YouGov BrandIndex recently conducted a study to determine the 10 brands consumers loved most in 2013. The study was based on 1.2 million interviews of consumers who were at least 18 years old. Buzz scores range from negative 100 to 100, indicating positive or negative consumer sentiment for the brand. The brands that scored highest in 2013 are likely to see continued momentum in 2014.

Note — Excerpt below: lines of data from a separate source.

//! Keywords and signs.
ghost use Rattle.std.specs.Prelude.{◌≡◌, ◌∷◌, [], IfSome, IfNone, false};
ghost use Rattle.verilog_text.specs.VForms.{is_keyword, is_sign};
ghost use Rattle.verilog_lex.specs.Scanning.{BeginsNoSign, IsSignAt, begins_pair};
ghost use Rattle.verilog_lex.specs.Shown.{keyword_bytes, sign_bytes};

use crate::token::{Keyword, Sign};

/// The keyword of these bytes.
pub fn keyword_of(word: &[u8]) -> Option<Keyword>
    ensures some { IfSome result (λ keyword. word.now ≡ keyword_bytes keyword) }
    ensures none { IfNone result (is_keyword word.now ≡ false) }
{
    match word {
        b"module" => Some(Keyword::Module),
        b"endmodule" => Some(Keyword::Endmodule),
        b"input" => Some(Keyword::Input),
        b"output" => Some(Keyword::Output),
        b"wire" => Some(Keyword::Wire),
        b"reg" => Some(Keyword::Reg),
        b"assign" => Some(Keyword::Assign),
        b"always" => Some(Keyword::Always),
        b"posedge" => Some(Keyword::Posedge),
        b"initial" => Some(Keyword::Initial),
        b"begin" => Some(Keyword::Begin),
        b"end" => Some(Keyword::End),
        b"if" => Some(Keyword::If),
        _ => None,
    }
}

/// The longest sign with which the bytes begin, and how many bytes it has.
pub fn sign_at(bytes: &[u8]) -> Option<(Sign, usize)>
    ensures some { IfSome result (λ found. IsSignAt bytes.now (sign_bytes found.0) found.1) }
    ensures none { IfNone result (BeginsNoSign bytes.now) }
{
    if let Some(found) = long_sign_at(bytes) {
        return Some(found);
    }
    let [first, ..] = bytes else {
        return None;
    };
    match single(*first) {
        Some(sign) => Some((sign, 1)),
        None => None,
    }
}

/// The same of signs of two and three bytes.
fn long_sign_at(bytes: &[u8]) -> Option<(Sign, usize)>
    ensures some { IfSome result (λ found. IsSignAt bytes.now (sign_bytes found.0) found.1) }
    ensures none { IfNone result (begins_pair bytes.now ≡ false) }
{
    match bytes {
        [b'>', b'>', b'>', ..] => Some((Sign::GreaterGreaterGreater, 3)),
        [b'>', b'>', ..] => Some((Sign::GreaterGreater, 2)),
        [b'<', b'<', ..] => Some((Sign::LessLess, 2)),
        [b'<', b'=', ..] => Some((Sign::LessEquals, 2)),
        [b'=', b'=', ..] => Some((Sign::EqualsEquals, 2)),
        _ => None,
    }
}

/// The sign of this byte alone.
fn single(byte: u8) -> Option<Sign>
    ensures some { IfSome result (λ sign. sign_bytes sign ≡ byte ∷ []) }
    ensures none { IfNone result (is_sign (byte ∷ []) ≡ false) }
{
    match byte {
        b'(' => Some(Sign::OpenParen),
        b')' => Some(Sign::CloseParen),
        b'[' => Some(Sign::OpenBracket),
        b']' => Some(Sign::CloseBracket),
        b'{' => Some(Sign::OpenBrace),
        b'}' => Some(Sign::CloseBrace),
        b',' => Some(Sign::Comma),
        b';' => Some(Sign::Semicolon),
        b'.' => Some(Sign::Dot),
        b':' => Some(Sign::Colon),
        b'?' => Some(Sign::Question),
        b'@' => Some(Sign::At),
        b'=' => Some(Sign::Equals),
        b'+' => Some(Sign::Plus),
        b'-' => Some(Sign::Minus),
        b'*' => Some(Sign::Star),
        b'&' => Some(Sign::Ampersand),
        b'|' => Some(Sign::Bar),
        b'^' => Some(Sign::Caret),
        b'~' => Some(Sign::Tilde),
        b'<' => Some(Sign::Less),
        _ => None,
    }
}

We'll begin with No. 10 and work our way down to No. 1.
No. 10: Kindle
Buzz Score: 24
Amazon.com (NASDAQ:AMZN) doesn't report results for the Kindle. Therefore, any estimates on Kindle sales are speculative. However, Morgan Stanley conducted in-depth research to formulate an educated guess. Morgan Stanley estimated that Amazon Kindle sales would total $4.5 billion in 2013. This would represent a 26% year-over-year increase. Looking ahead, Morgan Stanley anticipates 2014 Kindle sales to total $5 billion, and for 2015 Kindle sales to total $5.5 billion.
No. 9: Cheerios
Buzz Score: 24
It doesn't matter what's going on with the global economy, Cheerios are always in high demand. This is a positive for General Mills. The biggest news for Cheerios is that it will now be made GMO-free, as in without genetically modified organisms. General Mills is also attempting to innovate off the popularity of its Cheerios brand, the latest being Multi-Grain Dark Chocolate Crunch Cheerios.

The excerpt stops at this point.